I'm in trouble with data generation from spark to cassandra using dse 4.5.3
I have a cluster of 8 nodes ( pretty powerfull nodes ) and I want to generate some test data from spark.
My spark job is reading 5M of rows from a cassandra table (it represents one day of data), then is caching them in memory ( 32 GB per Node of Mem, so no problem ) and finally save them n-times in an other cassandra table, to simulate more days of data.
val table = sc.cassandraTable[RecordData]( "data", "one_day" ).cache
val firstDate = table.first.gets_dt_tm
val start = 1
val end = 10
for(i <- start to end){
table.map(row => {
//modify row to increment row timestamp day according to i
java.lang.Thread sleep 2
row
}).saveToCassandra("data","ten_days")
}
I put also a sleep to slow down the write process, but it didn't help. The problem is that in my cluster I get a lot of hints and I'm forced to repair nodes continuously. Keep in mind that I need to generate 600 days of data.
This is the structure of my table
CREATE TABLE ten_days(
YEAR int,
MONTH int,
DAY int,
ID decimal,
... other fields
S_DT_TM timestamp,
PRIMARY KEY ((ID,C_TRX_REF),YEAR,MONTH,DAY,S_DT_TM));
ID and C_TRX_REF are a unique key inside a single day but not across multiple days. The distinct count of (ID,C_TRX_REF) is 5M.
S_DT_TM is a timestamp with second resolution so it's not unique in my dataset.
Why spark write to cassandra is generating hints ? Do you need more info ? What are the best practices to write millions of rows to cassandra from spark ?
Thanks
The sleep in your statement is most likely not actually slowing down the execution of this query. Since the operations are applied on a per partition basis, my guess would be that the sleep simply pauses before an entire partition begin's being written.

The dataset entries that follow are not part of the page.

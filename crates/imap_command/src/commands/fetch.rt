// FETCH and its items (RFC 9051, 6.4.5).
ghost use Rattle.std.specs.Prelude.{◌≡◌, ◌++◌, OnOk, Some};
ghost use Rattle.grammar.specs.Gives.{Finds, Gives};
ghost use Rattle.imap_command.specs.Fetch.{partial, item_name_text, name_of, behind_name, item_of, item, single_of, item_list, items};
ghost use Rattle.imap_command.specs.Fetch.{fetch_form};

use crate::sets::{put_set, set_of};
use grammar::{
    Only, Production, ReadError, Stop, begins, byte_of, number_of, put_decimal, put_several,
    several_of, table_of,
};
use mail_message::{FetchItems, Item, Partial, SetParts};
use mur_base::{Bytes, Memory};
use std::alloc::Global;

/// The name of an item.
#[derive(Clone, Copy)]
pub enum ItemName {
    Flags,
    Uid,
    InternalDate,
    Size,
    Body,
    BodyPeek,
}

/// The names of fetch-att.
const ITEM_ROWS: [(&[u8], ItemName); 6] = [
    (b"FLAGS", ItemName::Flags),
    (b"UID", ItemName::Uid),
    (b"INTERNALDATE", ItemName::InternalDate),
    (b"RFC822.SIZE", ItemName::Size),
    (b"BODY[]", ItemName::Body),
    (b"BODY.PEEK[]", ItemName::BodyPeek),
];

/// FAST, and the names of fetch-att.
const SINGLE_ROWS: [(&[u8], Option<ItemName>); 7] = [
    (b"FAST", None),
    (b"FLAGS", Some(ItemName::Flags)),
    (b"UID", Some(ItemName::Uid)),
    (b"INTERNALDATE", Some(ItemName::InternalDate)),
    (b"RFC822.SIZE", Some(ItemName::Size)),
    (b"BODY[]", Some(ItemName::Body)),
    (b"BODY.PEEK[]", Some(ItemName::BodyPeek)),
];

/// The greatest number64, of 63 bits.
pub const NUMBER64_MOST: u64 = 9_223_372_036_854_775_807;

/// Reads which part of a body is asked for, if not the whole.
fn partial_of(bytes: &[u8]) -> Result<(Option<Partial>, &[u8]), Stop>
    ensures { Finds (λ x. (x.0, x.1.now)) result (partial.part.at bytes.now) }
{
    if begins(&Only(b'<'), bytes) {
        let rest = byte_of(b'<', bytes)?;
        let (from, rest) = number_of(true, NUMBER64_MOST, rest)?;
        let rest = byte_of(b'.', rest)?;
        let (count, rest) = number_of(false, NUMBER64_MOST, rest)?;
        let rest = byte_of(b'>', rest)?;
        Ok((Some(Partial { from, count }), rest))
    } else {
        Ok((None, bytes))
    }
}

#[tactic(auto, using(std::proofs::lemmas::Grind::common_steps))]
fn put_some_partial(part: Partial, out: &mut Bytes) -> Result<(), Memory>
    ensures { OnOk result (out.new ≡ out.old ++ partial.text (Some part)) }
{
    out.push(b'<')?;
    put_decimal(part.from, out)?;
    out.push(b'.')?;
    put_decimal(part.count, out)?;
    out.push(b'>')
}

fn put_partial(part: Option<Partial>, out: &mut Bytes) -> Result<(), Memory>
    ensures { OnOk result (out.new ≡ out.old ++ partial.text part) }
{
    match part {
        Some(part) => put_some_partial(part, out),
        None => Ok(()),
    }
}

/// Reads what stands behind the name of an item.
#[tactic(auto, unfolding(crate::specs::Fetch::item_of))]
fn item_of(name: ItemName, bytes: &[u8]) -> Result<(Item, &[u8]), Stop>
    ensures { Finds (λ x. (x.0, x.1.now)) result ((item_of name).part.at bytes.now) }
{
    match name {
        ItemName::Flags => Ok((Item::Flags, bytes)),
        ItemName::Uid => Ok((Item::Uid, bytes)),
        ItemName::InternalDate => Ok((Item::InternalDate, bytes)),
        ItemName::Size => Ok((Item::Size, bytes)),
        ItemName::Body => {
            let (part, rest) = partial_of(bytes)?;
            Ok((Item::Body(part), rest))
        }
        ItemName::BodyPeek => {
            let (part, rest) = partial_of(bytes)?;
            Ok((Item::BodyPeek(part), rest))
        }
    }
}

#[tactic(auto, unfolding(crate::specs::Fetch::item_name_text, crate::specs::Fetch::name_of))]
fn put_item_name(item: Item, out: &mut Bytes) -> Result<(), Memory>
    ensures { OnOk result (out.new ≡ out.old ++ item_name_text (name_of item)) }
{
    match item {
        Item::Flags => out.extend_from_slice(b"FLAGS"),
        Item::Uid => out.extend_from_slice(b"UID"),
        Item::InternalDate => out.extend_from_slice(b"INTERNALDATE"),
        Item::Size => out.extend_from_slice(b"RFC822.SIZE"),
        Item::Body(_) => out.extend_from_slice(b"BODY[]"),
        Item::BodyPeek(_) => out.extend_from_slice(b"BODY.PEEK[]"),
    }
}

#[tactic(auto, unfolding(crate::specs::Fetch::behind_name))]
fn put_behind_name(item: Item, out: &mut Bytes) -> Result<(), Memory>
    ensures { OnOk result (out.new ≡ out.old ++ behind_name item) }
{
    match item {
        Item::Body(part) | Item::BodyPeek(part) => put_partial(part, out),
        Item::Flags | Item::Uid | Item::InternalDate | Item::Size => Ok(()),
    }
}

/// fetch-att.
#[derive(Clone, Copy)]
struct ItemForm;

impl Production for ItemForm {
    type Value = Item;

    ghost form = { λ _. item };

    fn read<'a>(&self, _alloc: Global, bytes: &'a [u8]) -> Result<(Item, &'a [u8]), ReadError> {
        let (name, rest) = table_of(ItemName::Flags, &ITEM_ROWS, bytes)?;
        Ok(item_of(name, rest)?)
    }

    #[tactic(auto, using(std::proofs::lemmas::Grind::common_steps, crate::proofs::FetchLaw::behind_item))]
    fn put(&self, value: &Item, out: &mut Bytes) -> Result<(), Memory> {
        put_item_name(*value, out)?;
        put_behind_name(*value, out)
    }
}

/// Reads what stands behind FAST or the name of an item that stands alone.
#[tactic(auto, unfolding(crate::specs::Fetch::single_of))]
fn single_of(
    alloc: Global,
    name: Option<ItemName>,
    bytes: &[u8],
) -> Result<(FetchItems, &[u8]), ReadError>
    ensures { Gives (λ x. (x.0, x.1.now)) result ((single_of name).part.at bytes.now) }
{
    let mut list = FetchItems::new(alloc);
    match name {
        None => {
            list.push(Item::Flags)?;
            list.push(Item::InternalDate)?;
            list.push(Item::Size)?;
            Ok((list, bytes))
        }
        Some(name) => {
            let (item, rest) = item_of(name, bytes)?;
            list.push(item)?;
            Ok((list, rest))
        }
    }
}

/// Reads items in parentheses.
fn item_list_of(alloc: Global, bytes: &[u8]) -> Result<(FetchItems, &[u8]), ReadError>
    ensures { Gives (λ x. (x.0, x.1.now)) result (item_list.part.at bytes.now) }
{
    let rest = byte_of(b'(', bytes)?;
    let (list, rest) = several_of(alloc, b' ', &ItemForm, rest)?;
    let rest = byte_of(b')', rest)?;
    Ok((list, rest))
}

/// Reads the items of a FETCH.
fn items_of(alloc: Global, bytes: &[u8]) -> Result<(FetchItems, &[u8]), ReadError>
    ensures { Gives (λ x. (x.0, x.1.now)) result (items.part.at bytes.now) }
{
    if begins(&Only(b'('), bytes) {
        item_list_of(alloc, bytes)
    } else {
        let (name, rest) = table_of(None, &SINGLE_ROWS, bytes)?;
        single_of(alloc, name, rest)
    }
}

/// Prints the items of a FETCH.
#[tactic(auto, using(std::proofs::lemmas::Grind::common_steps))]
fn put_items(list: &FetchItems, out: &mut Bytes) -> Result<(), Memory>
    ensures { OnOk result (out.new ≡ out.old ++ items.text list.now) }
{
    out.push(b'(')?;
    put_several(b' ', &ItemForm, list.as_slice(), out)?;
    out.push(b')')
}

/// Reads what stands behind the name FETCH.
pub fn fetch_of(alloc: Global, bytes: &[u8]) -> Result<((SetParts, FetchItems), &[u8]), ReadError>
    ensures { Gives (λ x. (x.0, x.1.now)) result (fetch_form.part.at bytes.now) }
{
    let rest = byte_of(b' ', bytes)?;
    let (set, rest) = set_of(alloc, rest)?;
    let rest = byte_of(b' ', rest)?;
    let (list, rest) = items_of(alloc, rest)?;
    Ok(((set, list), rest))
}

/// Prints what stands behind the name FETCH.
#[tactic(auto, using(std::proofs::lemmas::Grind::common_steps))]
pub fn put_fetch(set: &SetParts, list: &FetchItems, out: &mut Bytes) -> Result<(), Memory>
    ensures { OnOk result (out.new ≡ out.old ++ fetch_form.text (set.now, list.now)) }
{
    out.push(b' ')?;
    put_set(set, out)?;
    out.push(b' ')?;
    put_items(list, out)
}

For the real issue. The only reason that you will be generating hints is if one of your nodes is unable to keep up with the amount of data being written by your spark job. It means that a node was unreachable during the execution of the mutation so the coordinating node saved a serialized copy of the mutation for when the unreachable node came back online. You can throttle down the batch size to lower the amount of concurrent writes using
or
https://github.com/datastax/spark-cassandra-connector/blob/master/doc/5_saving.md
But you can most likely better increase your throughput by making sure all of your harddrives in you cluster are on SSD's and that the commitlog/spark directories are all also on SSDs.